Deze bouwsteen kan worden gebruikt om sessies te registreren en weer te geven in een Exosphere-database, zoals het opladen van een wallbox.
Inhoudsopgave
Ingangen↑
Contractie | Korte beschrijving | Beschrijving | Waardebereik |
---|---|---|---|
SStart | Session start | Een puls op de ingang activeert het begin van een sessie. | 0/1 |
SEnd | Session end | Een puls op de ingang triggert het einde van een sessie en schrijft naar de database. | 0/1 |
Uid | User-ID | Gebruikers-ID. Als dit is ingesteld voordat de gebruiker is getriggerd, kunnen de gebruikersvelden van de gebruiker met dit id worden gebruikt | - |
CI1 | Custom input 1 | Extra gepersonaliseerde ingang 1 | - |
CI2 | Custom input 2 | Extra gepersonaliseerde ingang 2 | - |
CI3 | Custom input 3 | Extra gepersonaliseerde ingang 3 | - |
CI4 | Custom input 4 | Extra gepersonaliseerde ingang 4 | - |
CI5 | Custom input 5 | Extra gepersonaliseerde ingang 5 | - |
CI6 | Custom input 6 | Extra gepersonaliseerde ingang 6 | - |
CI7 | Custom input 7 | Extra gepersonaliseerde ingang 7 | - |
CI8 | Custom input 8 | Extra gepersonaliseerde ingang 8 | - |
Uitgangen↑
Contractie | Korte beschrijving | Beschrijving | Waardebereik |
---|---|---|---|
Log | Log output | Log-uitgang voor elke schrijfbewerking naar de database | - |
Sa | Session active | Actief wanneer een sessie momenteel actief is | 0/1 |
AC | API Connector | Intelligente API gebaseerde connector. API Commands |
- |
Parameter↑
Contractie | Korte beschrijving | Beschrijving | Eenheid | Waardebereik | Standaardwaarde |
---|---|---|---|---|---|
Td | Trigger Delay | Vertraagt het schrijven naar de database na de trigger om er zeker van te zijn dat alle ingangen zijn ingesteld | ms | ∞ | 0 |
Eigenschappen↑
Korte beschrijving | Beschrijving | Standaardwaarde |
---|---|---|
Kolominhoud | Bewerk de inhoud van de kolom. Geef aan welke gegevens naar de databasekolommen geschreven moeten worden. | - |
Programmeervoorbeeld↑
In dit voorbeeld wordt een facturatie van een Wallbox-laadstation geregistreerd in een Exosphere-database.

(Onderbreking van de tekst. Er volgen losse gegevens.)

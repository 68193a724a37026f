// A chunked body: size lines, and the chunks behind them.
ghost use Rattle.std.specs.Prelude.{◌≡◌, take, option_map, IfSome, IfOk};
ghost use Rattle.spm_http.specs.Chunked.{behind_chunk, behind_end, chunked_body, size_line};

use crate::limits::front_of;
use crate::response_head::Heard;
use httparse::{Status, parse_chunk_size};
use spm_version::{Bytes, NoMemory};
use std::alloc::Global;

// A line before a chunk has at most so many bytes.
const MAX_LINE: usize = 4096;

// The size that the line at the front says, and what stands behind that line.
fn read_size_line(bytes: &[u8]) -> Option<(u64, &[u8])>
    ensures { option_map (λ line. (line.0, line.1.now)) result ≡ size_line bytes.now }
{
    match parse_chunk_size(front_of(bytes, MAX_LINE)) {
        Ok(Status::Complete((len, size))) => {
            let (_, behind) = bytes.split_at(len);
            Some((size, behind))
        }
        Ok(Status::Partial) => None,
        Err(_) => None,
    }
}

// What stands behind the CR LF at the front.
fn skip_end(bytes: &[u8]) -> Option<&[u8]>
    ensures { option_map (λ rest. rest.now) result ≡ behind_end bytes.now }
{
    if bytes.len() < 2 {
        return None;
    }
    if bytes[0] == b'\r' && bytes[1] == b'\n' {
        Some(&bytes[2..])
    } else {
        None
    }
}

// A chunk of this size, and what stands behind its CR LF.
fn split_chunk(size: u64, bytes: &[u8]) -> Option<(&[u8], &[u8])>
    ensures rest { option_map (λ parts. parts.1.now) result ≡ behind_chunk size bytes.now }
    ensures chunk { IfSome result (λ parts. parts.0.now ≡ take size bytes.now) }
{
    if (bytes.len() as u64) < size {
        return None;
    }
    let (chunk, behind) = bytes.split_at(size as usize);
    match skip_end(behind) {
        None => None,
        Some(rest) => Some((chunk, rest)),
    }
}

// The body whose chunks these are.
pub fn read_chunks(alloc: Global, status: u16, limit: u64, bytes: &[u8]) -> Result<Heard, NoMemory>
    ensures { IfOk result (λ heard. heard ≡ chunked_body status limit bytes.now) }
{
    let mut body = Vec::new(alloc);
    let mut left = bytes;
    while let Some((size, behind)) = read_size_line(left) {
        if size > limit - body.len() as u64 {
            return Ok(Heard::TooLong);
        }
        if size == 0 {
            return Ok(Heard::Whole {
                status,
                body: Bytes::from_vec(body),
            });
        }
        match split_chunk(size, behind) {
            None => return Ok(Heard::Garbled),
            Some((chunk, rest)) => {
                body.extend_from_slice(chunk)?;
                left = rest;
            }
        }
    }
    Ok(Heard::Garbled)
}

Een database moet worden aangemaakt in Exosphere en worden geïntegreerd in de configuratie met behulp van "Database".
Met de bouwsteen "Session Database Connector" kan de database nu worden gevuld met gegevens.
Door dubbel te klikken op de bouwsteen wordt de "Database Connector Configuratie" geopend. Hier kunnen de inhoud van de kolommen worden gedefinieerd.
Als een optie grijs weergegeven wordt, is het datatype niet compatibel ermee.
Bovendien kunnen de bouwsteen ingangen "CI1-CI8" benoemd worden. Deze worden weergegeven in de configuratie, maar niet in de Exosphere database.
Het begin en einde van een laadsessie worden doorgegeven aan de ingangen "SStart" en "SEnd". De laadgebruiker wordt via de ingang "Uid" naar de bouwsteen doorgestuurd.
De prijs van de laadsessie wordt doorgegeven aan de ingang "CI1."